Bud Selig Doesn't Think Baseball Needs Expansive Instant Replay Because You Show Up To Ballparks

By Chris Hengst

Forgive Bud Selig if he isn’t impressed with your instant replay demands, he’s too busy bathing himself in liquified one hundred dollar bills at the base of the Marlins Park home run monstrosity. Speaking to various media members Monday, Selig reiterated his disdain for cameras, computers, technology, the Internet, Zack Morris-sized mobile telephones and any other remnant of device that operates without the user murmuring “stop” at the end of a sentence.
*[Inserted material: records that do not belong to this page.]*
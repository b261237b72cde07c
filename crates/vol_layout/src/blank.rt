// The blocks of a volume that was just formatted.
ghost use Rattle.std.specs.Prelude.{◌≡◌, ◌++◌, ◌-◌, ◌≤◌, length};
ghost use Rattle.vol_base.specs.Bytes.{zeros};
ghost use Rattle.vol_layout.specs.Blank.{blank_at, blank_table, table_magic};
ghost use Rattle.vol_layout.specs.Ranges.{IsGeometry};

use crate::geometry::Geometry;
use crate::kind::{Kind, Table};
use crate::place::PER_TABLE;
use vol_base::{Block, Draft};

impl Geometry {
    /// The block that formatting leaves at a place: the superblock, free slots and locks, empty
    /// journals and tables of zeros. Formatting does not write hint blocks and data blocks, which
    /// are zeros where nobody wrote them, and so is all behind the volume.
    pub fn blank(&self, place: u64) -> Block
        requires { IsGeometry self.now }
        ensures { result.0 ≡ blank_at self.now place }
    {
        match self.kind(place) {
            Some(Kind::Super) => self.write(),
            Some(Kind::Slot(_)) => only(b"DEDESLOT"),
            Some(Kind::Journal(_)) => only(b"DEDEJRNL"),
            Some(Kind::Lock(_)) => only(b"DEDELOCK"),
            Some(Kind::Table(table)) => table.blank(),
            Some(Kind::Log(_, _) | Kind::Shard(_) | Kind::Request(_) | Kind::Number(_)) | None =>
                Block::zeros(),
        }
    }
}

impl Table {
    /// The first eight bytes of the table block. A file's further table blocks have those of its first.
    pub fn magic(&self) -> [u8; 8]
        ensures { result ≡ table_magic self.now }
    {
        match self {
            Table::File(_) | Table::More(_, _) => *b"DEDEFILE",
            Table::Group(_) => *b"DEDECNTS",
            Table::Part(_) => *b"DEDEAREN",
        }
    }

    /// The table block whose word and numbers are 0.
    pub fn blank(&self) -> Block
        ensures { result.0 ≡ blank_table self.now }
    {
        let mut draft = Draft::new();
        draft.push_bytes(&self.magic());
        draft.push_u32(PER_TABLE);
        draft.finish()
    }
}

// A block of these bytes and zeros behind them.
fn only(front: &[u8]) -> Block
    requires { length front.now ≤ 4096 }
    ensures { result.0 ≡ front.now ++ zeros (4096 - length front.now) }
{
    let mut draft = Draft::new();
    draft.push_bytes(front);
    draft.finish()
}
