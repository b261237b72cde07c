// Where each block of a volume stands: its regions follow each other in one fixed order.
ghost use Rattle.std.specs.Prelude.{◌≡◌, ◌<◌, ◌≤◌, ◌↔◌, ◌^◌, ℕ, Option, Some, IsNone, IfNone, IfSome};
ghost use Rattle.vol_layout.specs.Ranges.{IsGeometry, HasKind, HasResource, HasTable};
ghost use Rattle.vol_layout.specs.RegionStarts.{AreStarts, Begin};
ghost use Rattle.vol_layout.specs.Regions.{total};
ghost use Rattle.vol_layout.specs.Places.{place_of, kind_at};

use crate::geometry::Geometry;
use crate::kind::{Kind, Resource, Table};

/// How many data blocks a group has, slots a part of the arena, and pointers a table block.
pub const PER_TABLE: u32 = 1008;

/// The place of the first block of each region, in order, and the place behind the last.
#[derive(Clone, Copy)]
struct Starts {
    slots: u64,
    journals: u64,
    file_locks: u64,
    part_locks: u64,
    group_locks: u64,
    file_tables: u64,
    group_tables: u64,
    part_tables: u64,
    logs: u64,
    shards: u64,
    requests: u64,
    numbers: u64,
    more_tables: u64,
    end: u64,
}

impl Geometry {
    /// The number of blocks of the volume.
    pub fn total(&self) -> u64
        requires { IsGeometry self.now }
        ensures blocks { result ≡ total self.now }
        ensures bounded { result < 2 ^ 17 }
    {
        self.starts().end
    }

    /// The place of a block of the volume. Each place below `total` is that of one kind of block.
    pub fn place(&self, kind: Kind) -> u64
        requires geometry { IsGeometry self.now }
        requires kind { HasKind self.now kind }
        ensures place { result ≡ place_of self.now kind }
        ensures inside { result < total self.now }
        ensures back { kind_at self.now result ≡ Some kind }
    {
        self.seat(kind)
    }

    /// What stands at a place; `None` exactly behind the volume's last block.
    pub fn kind(&self, place: u64) -> Option<Kind>
        requires { IsGeometry self.now }
        ensures kind { result ≡ kind_at self.now place }
        ensures place { IfSome result (λ kind. HasKind self.now kind × (place_of self.now kind ≡ place)) }
        ensures none { IsNone result ↔ (total self.now ≤ place) }
    {
        self.seated(place)
    }

    #[tactic(auto, unfolding(crate::specs::Places::place_of))]
    fn seat(&self, kind: Kind) -> u64
        requires geometry { IsGeometry self.now }
        requires kind { HasKind self.now kind }
        ensures { result ≡ place_of self.now kind }
    {
        let starts = self.starts();
        match kind {
            Kind::Super => 0,
            Kind::Slot(host) => starts.slots + u64::from(host),
            Kind::Journal(host) => starts.journals + u64::from(host),
            Kind::Lock(Resource::File(file)) => starts.file_locks + u64::from(file),
            Kind::Lock(Resource::Part(part)) => starts.part_locks + u64::from(part),
            Kind::Lock(Resource::Group(group)) => starts.group_locks + u64::from(group),
            Kind::Table(Table::File(file)) => starts.file_tables + u64::from(file),
            Kind::Table(Table::Group(group)) => starts.group_tables + u64::from(group),
            Kind::Table(Table::Part(part)) => starts.part_tables + u64::from(part),
            Kind::Log(host, log) => starts.logs
                + u64::from(host) * u64::from(self.logs)
                + u64::from(log),
            Kind::Shard(shard) => starts.shards + u64::from(shard),
            Kind::Request(file) => starts.requests + u64::from(file),
            Kind::Number(number) => starts.numbers + u64::from(number),
            Kind::Table(Table::More(file, table)) => {
                starts.more_tables
                    + u64::from(file) * u64::from(self.tables - 1)
                    + u64::from(table - 1)
            }
        }
    }

    #[tactic(auto, unfolding(crate::specs::Places::place_of, crate::specs::Ranges::data_blocks, crate::specs::Ranges::per_table))]
    fn seated(&self, place: u64) -> Option<Kind>
        requires { IsGeometry self.now }
        ensures some { IfSome result (λ kind. HasKind self.now kind × (place_of self.now kind ≡ place)) }
        ensures none { IfNone result (total self.now ≤ place) }
    {
        let starts = self.starts();
        if place < starts.slots {
            Some(Kind::Super)
        } else if place < starts.journals {
            Some(Kind::Slot((place - starts.slots) as u8))
        } else if place < starts.file_locks {
            Some(Kind::Journal((place - starts.journals) as u8))
        } else if place < starts.file_tables {
            Some(Kind::Lock(self.resource_at(place, &starts)))
        } else if place < starts.logs {
            Some(Kind::Table(self.table_at(place, &starts)))
        } else if place < starts.shards {
            let log = place - starts.logs;
            let logs = u64::from(self.logs);
            Some(Kind::Log((log / logs) as u8, (log % logs) as u8))
        } else if place < starts.requests {
            Some(Kind::Shard((place - starts.shards) as u8))
        } else if place < starts.numbers {
            Some(Kind::Request((place - starts.requests) as u8))
        } else if place < starts.more_tables {
            Some(Kind::Number((place - starts.numbers) as u32))
        } else if place < starts.end {
            let table = place - starts.more_tables;
            let more = u64::from(self.tables - 1);
            Some(Kind::Table(Table::More((table / more) as u8, (table % more + 1) as u8)))
        } else {
            None
        }
    }

    // The resource of the lock at a place.
    #[tactic(auto, unfolding(crate::specs::Places::place_of))]
    fn resource_at(&self, place: u64, starts: &Starts) -> Resource
        requires geometry { IsGeometry self.now }
        requires starts { AreStarts self.now starts.now }
        requires begin { Begin self.now starts.now }
        requires from { starts.now.file_locks ≤ place }
        requires to { place < starts.now.file_tables }
        ensures has { HasResource self.now result }
        ensures place { place_of self.now (Kind.Lock result) ≡ place }
    {
        if place < starts.part_locks {
            Resource::File((place - starts.file_locks) as u8)
        } else if place < starts.group_locks {
            Resource::Part((place - starts.part_locks) as u8)
        } else {
            Resource::Group((place - starts.group_locks) as u8)
        }
    }

    // The table at a place, but for a file's further ones.
    #[tactic(auto, unfolding(crate::specs::Places::place_of))]
    fn table_at(&self, place: u64, starts: &Starts) -> Table
        requires geometry { IsGeometry self.now }
        requires starts { AreStarts self.now starts.now }
        requires begin { Begin self.now starts.now }
        requires from { starts.now.file_tables ≤ place }
        requires to { place < starts.now.logs }
        ensures has { HasTable self.now result }
        ensures place { place_of self.now (Kind.Table result) ≡ place }
    {
        if place < starts.group_tables {
            Table::File((place - starts.file_tables) as u8)
        } else if place < starts.part_tables {
            Table::Group((place - starts.group_tables) as u8)
        } else {
            Table::Part((place - starts.part_tables) as u8)
        }
    }

    #[tactic(auto, using(crate::proofs::StartLaws::starts_begin))]
    fn starts(&self) -> Starts
        requires { IsGeometry self.now }
        ensures starts { AreStarts self.now result }
        ensures begin { Begin self.now result }
        ensures bounded { result.end < 2 ^ 17 }
    {
        let hosts = u64::from(self.hosts);
        let files = u64::from(self.files);
        let groups = u64::from(self.groups);
        let parts = u64::from(self.parts);
        let slots = 1;
        let journals = slots + hosts;
        let file_locks = journals + hosts;
        let part_locks = file_locks + files;
        let group_locks = part_locks + parts;
        let file_tables = group_locks + groups;
        let group_tables = file_tables + files;
        let part_tables = group_tables + groups;
        let logs = part_tables + parts;
        let shards = logs + hosts * u64::from(self.logs);
        let requests = shards + u64::from(self.shards);
        let numbers = requests + files;
        let more_tables = numbers + u64::from(PER_TABLE) * groups;
        let end = more_tables + files * u64::from(self.tables - 1);
        Starts {
            slots,
            journals,
            file_locks,
            part_locks,
            group_locks,
            file_tables,
            group_tables,
            part_tables,
            logs,
            shards,
            requests,
            numbers,
            more_tables,
            end,
        }
    }
}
Actually, he said the following, “given our attendance  and everything we’re doing, we’re in the right place with instant replay.” That quote comes via John Shea of the San Francisco Chronicle and it makes little sense of course but that’s part of the charm of the Commissioner.

He’s a pseudo-dunce in public talking to the press while accomplishing goal after goal in board rooms (20 straight years of labor peace, increasing the number of playoff teams twice, reigning in Draft bonuses) to boost his sport’s profile. Attendance is up 8.1% in 2012 compared to last year. People are flocking to ballparks to watch tight pennant races and they’re noticing the intricacies of the game that require a more progressive look.
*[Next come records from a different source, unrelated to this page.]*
// How many of each thing a volume has.
ghost use Rattle.std.specs.Prelude.{◌≤◌, ◌↔◌, IsTrue};
ghost use Rattle.vol_layout.specs.Ranges.{IsGeometry};

/// The geometry of a volume: 1 to 16 hosts, 1 to 64 files, 1 to 64 groups of 1,008 data blocks, 1 to
/// 16 parts of the arena with 1,008 slots each, 1 to 64 shards of the index, 1 to 16 log blocks a
/// host, and 1 to 16 table blocks a file, each with 1,008 pointers. A volume of version 1 has one
/// table block a file.
#[derive(Clone, Copy, Debug, PartialEq, Eq)]
pub struct Geometry {
    pub hosts: u8,
    pub files: u8,
    pub groups: u8,
    pub parts: u8,
    pub shards: u8,
    pub logs: u8,
    pub tables: u8,
}

/// The block is no superblock.
#[derive(Clone, Copy, Debug, PartialEq, Eq)]
pub struct NotVolume;

impl Geometry {
    /// Whether each number is in its range.
    pub fn is_in_range(&self) -> bool
        ensures { IsTrue result ↔ IsGeometry self.now }
    {
        let hosts = counts(self.hosts, 16) && counts(self.files, 64) && counts(self.groups, 64);
        let shared = counts(self.parts, 16) && counts(self.shards, 64) && counts(self.logs, 16);
        hosts && shared && counts(self.tables, 16)
    }
}

fn counts(number: u8, most: u8) -> bool
    ensures { IsTrue result ↔ (1 ≤ number) × (number ≤ most) }
{
    1 <= number && number <= most
}
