// The superblock: how a volume's geometry is written, and read again.
ghost use Rattle.std.specs.Prelude.{◌≡◌, ◌+◌, ◌*◌, ◌++◌, ◌≤◌, ◌<◌, ◌↔◌, IfOk, IsTrue, OnErr, codes, length, take};
ghost use Rattle.std.specs.List.{flat_map};
ghost use Rattle.vol_base.specs.Bytes.{bytes_of};
ghost use Rattle.vol_layout.specs.Ranges.{IsGeometry};
ghost use Rattle.vol_layout.specs.Superblock.{SpellsGeometry, superblock_bytes, volume_magic, written_numbers};
ghost use Rattle.vol_layout.specs.declared.geometry.Geometry.{Geometry};

use crate::geometry::{Geometry, NotVolume};
use vol_base::{Block, Draft};

// The first eight bytes of a volume whose files have one table block each, and of one whose files
// have more.
const SINGLE_MAGIC: [u8; 8] = *b"DEDEVOL1";

const MANY_MAGIC: [u8; 8] = *b"DEDEVOL2";

impl Geometry {
    /// The geometry that a superblock spells. It is `NotVolume` exactly where the block is not the
    /// one spelling of a geometry in range.
    pub fn read(block: &Block) -> Result<Geometry, NotVolume>
        ensures ok { IfOk result (λ geometry. SpellsGeometry block.now.0 geometry) }
        ensures only { IfOk result (λ geometry. (other : Geometry) → SpellsGeometry block.now.0 other → geometry ≡ other) }
        ensures err { OnErr result ((geometry : Geometry) → SpellsGeometry block.now.0 geometry → ⊥) }
    {
        let candidate = Geometry::candidate(block);
        if candidate.is_in_range() && candidate.write().same(block) {
            Ok(candidate)
        } else {
            Err(NotVolume)
        }
    }

    /// The superblock of this geometry, the one block that reads as it.
    pub fn write(&self) -> Block
        requires { IsGeometry self.now }
        ensures { result.0 ≡ superblock_bytes self.now }
    {
        self.written().finish()
    }

    // All of the superblock that is not zeros at its end.
    fn written(&self) -> Draft
        requires { IsGeometry self.now }
        ensures { result ≡ volume_magic self.now ++ flat_map (bytes_of 4) (written_numbers self.now) }
    {
        let six = [
            self.hosts,
            self.files,
            self.groups,
            self.parts,
            self.shards,
            self.logs,
        ];
        let mut draft = Draft::new();
        if self.tables == 1 {
            draft.push_bytes(&SINGLE_MAGIC);
            push_numbers(&mut draft, &six);
            return draft;
        }
        draft.push_bytes(&MANY_MAGIC);
        push_numbers(&mut draft, &six);
        push_numbers(&mut draft, &[self.tables]);
        draft
    }

    // What the places of a superblock's numbers hold: the geometry that the block spells, if any.
    fn candidate(block: &Block) -> Geometry
        ensures { (geometry : Geometry) → SpellsGeometry block.now.0 geometry → result ≡ geometry }
    {
        Geometry {
            hosts: narrow(block.u32_at(8)),
            files: narrow(block.u32_at(12)),
            groups: narrow(block.u32_at(16)),
            parts: narrow(block.u32_at(20)),
            shards: narrow(block.u32_at(24)),
            logs: narrow(block.u32_at(28)),
            tables: tables_of(block),
        }
    }
}

fn tables_of(block: &Block) -> u8
    ensures { (geometry : Geometry) → SpellsGeometry block.now.0 geometry → result ≡ geometry.tables }
{
    if is_single(block) {
        1
    } else {
        narrow(block.u32_at(32))
    }
}

fn is_single(block: &Block) -> bool
    ensures { IsTrue result ↔ (take 8 block.now.0 ≡ codes "DEDEVOL1") }
{
    let (header, _) = block.0.split_at(8);
    header == SINGLE_MAGIC.as_slice()
}

// The number where it fits, and else 0, which no number of a geometry is.
fn narrow(number: u32) -> u8
    ensures { number < 256 → result ≡ number }
{
    u8::try_from(number).unwrap_or(0)
}

fn push_numbers(draft: &mut Draft, numbers: &[u8])
    requires { length draft.old + 4 * length numbers.now ≤ 4096 }
    ensures numbers { draft.new ≡ draft.old ++ flat_map (bytes_of 4) numbers.now }
    ensures long { length draft.new ≡ length draft.old + 4 * length numbers.now }
{
    for number in numbers {
        draft.push_u32(u32::from(*number));
    }
}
Major League Baseball plans on expanding instant replay, it was written in the new Collective Bargaining Agreement but that expansion pertains to fair or foul balls hit down the lines and trap catches in the outfield. If you’re campaigning for strike zone review, save it. That’s happening right around the time Pete Rose enters Cooperstown and John Rocker buys an apartment in Times Square.
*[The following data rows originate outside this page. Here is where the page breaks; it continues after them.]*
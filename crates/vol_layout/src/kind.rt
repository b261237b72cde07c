// The kinds of blocks of a volume.
use vol_base::{DataNo, FileNo, HostNo};

/// What a lock guards: a file, a part of the arena, or a group of reference counts.
#[derive(Clone, Copy, Debug, PartialEq, Eq)]
pub enum Resource {
    File(FileNo),
    Part(u8),
    Group(u8),
}

/// A table block. A file's first table block is `File`, and `More` is a further one, from 1.
#[derive(Clone, Copy, Debug, PartialEq, Eq)]
pub enum Table {
    File(FileNo),
    Group(u8),
    Part(u8),
    More(FileNo, u8),
}

/// What a block of a volume is. `Log` is a host's log block, by its number from 0.
#[derive(Clone, Copy, Debug, PartialEq, Eq)]
pub enum Kind {
    Super,
    Slot(HostNo),
    Journal(HostNo),
    Lock(Resource),
    Table(Table),
    Log(HostNo, u8),
    Shard(u8),
    Request(FileNo),
    Number(DataNo),
}
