// The fields of a volume's tables, and edits of them.
ghost use Rattle.std.specs.Prelude.{◌≡◌, ◌+◌, ◌*◌, ◌/◌, ◌≤◌, ◌<◌, ◌↔◌, IfSome, IsTrue};
ghost use Rattle.vol_layout.specs.Edits.{IsEdit};
ghost use Rattle.vol_layout.specs.Fields.{HasField, IsInRange, IsPointer, entry_of, greatest_count, pointer_at, resource_of, table_of};
ghost use Rattle.vol_layout.specs.Ranges.{HasResource, HasTable, IsGeometry, per_table};

use crate::geometry::Geometry;
use crate::kind::{Resource, Table};
use crate::place::PER_TABLE;
use vol_base::{DataNo, FileNo, SlotNo};

/// A number that stands in a table: a file's head (0, or its length + 1), a file's pointer at an
/// index, a slot of the arena, or the count of a data block.
#[derive(Clone, Copy, Debug, PartialEq, Eq)]
pub enum Field {
    Head(FileNo),
    Pointer(FileNo, u32),
    Slot(SlotNo),
    Count(DataNo),
}

/// A field's new number.
#[derive(Clone, Copy, Debug, PartialEq, Eq)]
pub struct Edit {
    pub field: Field,
    pub number: u32,
}

// The low bits of a pointer, which name a data block, and the mark of a shared block.
const NAME_BITS: u32 = (1 << 31) - 1;

// The greatest count on a volume with one table block a file.
const GREATEST_SINGLE_COUNT: u32 = 80640;

impl Geometry {
    /// Whether the volume's tables have the field.
    pub fn has_field(&self, field: &Field) -> bool
        requires { IsGeometry self.now }
        ensures { IsTrue result ↔ HasField self.now field.now }
    {
        match *field {
            Field::Head(file) => file < self.files,
            Field::Pointer(file, index) => file < self.files && index < self.limit(),
            Field::Slot(slot) => slot < self.arena_slots(),
            Field::Count(number) => number < self.data_blocks(),
        }
    }

    /// Whether the number may stand in the field, in a table or in an edit.
    pub fn allows(&self, field: &Field, number: u32) -> bool
        requires { IsGeometry self.now }
        ensures { IsTrue result ↔ IsInRange self.now field.now number }
    {
        match *field {
            Field::Head(_) => number <= self.limit() + 1,
            Field::Pointer(_, _) => self.is_pointer(number),
            Field::Slot(_) => number <= self.data_blocks(),
            Field::Count(_) => number <= self.greatest_count(),
        }
    }

    /// Whether the edit is of a field that the volume has, with a number that may stand there.
    pub fn is_edit(&self, edit: &Edit) -> bool
        requires { IsGeometry self.now }
        ensures { IsTrue result ↔ IsEdit self.now edit.now }
    {
        self.has_field(&edit.field) && self.allows(&edit.field, edit.number)
    }

    /// The table block in which the field stands.
    #[tactic(auto, unfolding(crate::specs::Ranges::limit, crate::specs::Ranges::data_blocks, crate::specs::Ranges::arena_slots))]
    pub fn table_of(&self, field: &Field) -> Table
        requires geometry { IsGeometry self.now }
        requires field { HasField self.now field.now }
        ensures table { result ≡ table_of field.now }
        ensures has { HasTable self.now result }
    {
        match *field {
            Field::Head(file) => Table::File(file),
            Field::Pointer(file, index) => match block_of(index, self.tables) {
                0 => Table::File(file),
                more => Table::More(file, more),
            },
            Field::Slot(slot) => Table::Part(block_of(slot, self.parts)),
            Field::Count(number) => Table::Group(block_of(number, self.groups)),
        }
    }

    /// The table block of a file's pointer, and its entry there.
    #[tactic(auto, unfolding(crate::specs::Ranges::per_table))]
    pub fn pointer_at(&self, file: FileNo, index: u32) -> (Table, u32)
        requires geometry { IsGeometry self.now }
        requires pointer { HasField self.now (Field.Pointer file index) }
        ensures pointer { result ≡ pointer_at self.now file index }
        ensures has { HasTable self.now result.0 }
        ensures entry { result.1 < per_table }
    {
        (
            self.table_of(&Field::Pointer(file, index)),
            index % PER_TABLE,
        )
    }

    /// The resource whose lock guards the field.
    #[tactic(auto, unfolding(crate::specs::Ranges::data_blocks, crate::specs::Ranges::arena_slots))]
    pub fn resource_of(&self, field: &Field) -> Resource
        requires geometry { IsGeometry self.now }
        requires field { HasField self.now field.now }
        ensures resource { result ≡ resource_of field.now }
        ensures has { HasResource self.now result }
    {
        match *field {
            Field::Head(file) | Field::Pointer(file, _) => Resource::File(file),
            Field::Slot(slot) => Resource::Part(block_of(slot, self.parts)),
            Field::Count(number) => Resource::Group(block_of(number, self.groups)),
        }
    }

    fn is_pointer(&self, number: u32) -> bool
        requires { IsGeometry self.now }
        ensures { IsTrue result ↔ IsPointer self.now number }
    {
        let name = number & NAME_BITS;
        name <= self.data_blocks() && (name != 0 || number == 0)
    }

    #[tactic(auto, unfolding(crate::specs::Fields::greatest_count, crate::specs::Ranges::per_table))]
    fn greatest_count(&self) -> u32
        requires { IsGeometry self.now }
        ensures { result ≡ greatest_count self.now }
    {
        if self.tables == 1 {
            GREATEST_SINGLE_COUNT
        } else {
            PER_TABLE * (self.file_tables() + u32::from(self.parts))
        }
    }
}

impl Field {
    /// The entry of its table block in which the field stands; `None` for a head, which is the word of
    /// its block.
    #[tactic(auto, unfolding(crate::specs::Ranges::per_table))]
    pub fn entry(&self) -> Option<u32>
        ensures entry { result ≡ entry_of self.now }
        ensures inside { IfSome result (λ entry. entry < per_table) }
    {
        match *self {
            Field::Head(_) => None,
            Field::Pointer(_, index) => Some(index % PER_TABLE),
            Field::Slot(slot) => Some(slot % PER_TABLE),
            Field::Count(number) => Some(number % PER_TABLE),
        }
    }
}

// The table block, of so many, that holds an entry.
#[tactic(auto, unfolding(crate::specs::Ranges::per_table))]
fn block_of(entry: u32, blocks: u8) -> u8
    requires { entry < per_table * blocks }
    ensures number { result ≡ entry / per_table }
    ensures below { result < blocks }
{
    (entry / PER_TABLE) as u8
}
Akin to the college football playoff, a little of something wets the appetite and forces followers to become rabid. Instant replay is being used in Major League parks at the moment. Soon, it will entail more than just home runs. An overhaul of a tradition-rich sport in just days or weeks was never feasible. Let the old men wallow in their landlines a bit longer before someone with a smart phone inherits decision-making power.

Expanded instant replay won’t change my enjoyment of baseball any less or more. And being patient about it figures to keep my blood pressure low. Bud Selig has played a pivotal role in the evolution of the sport. I won’t hold it against him if he keeps the technology wolves at bay a little longer. Even if he uses an Atari to do it.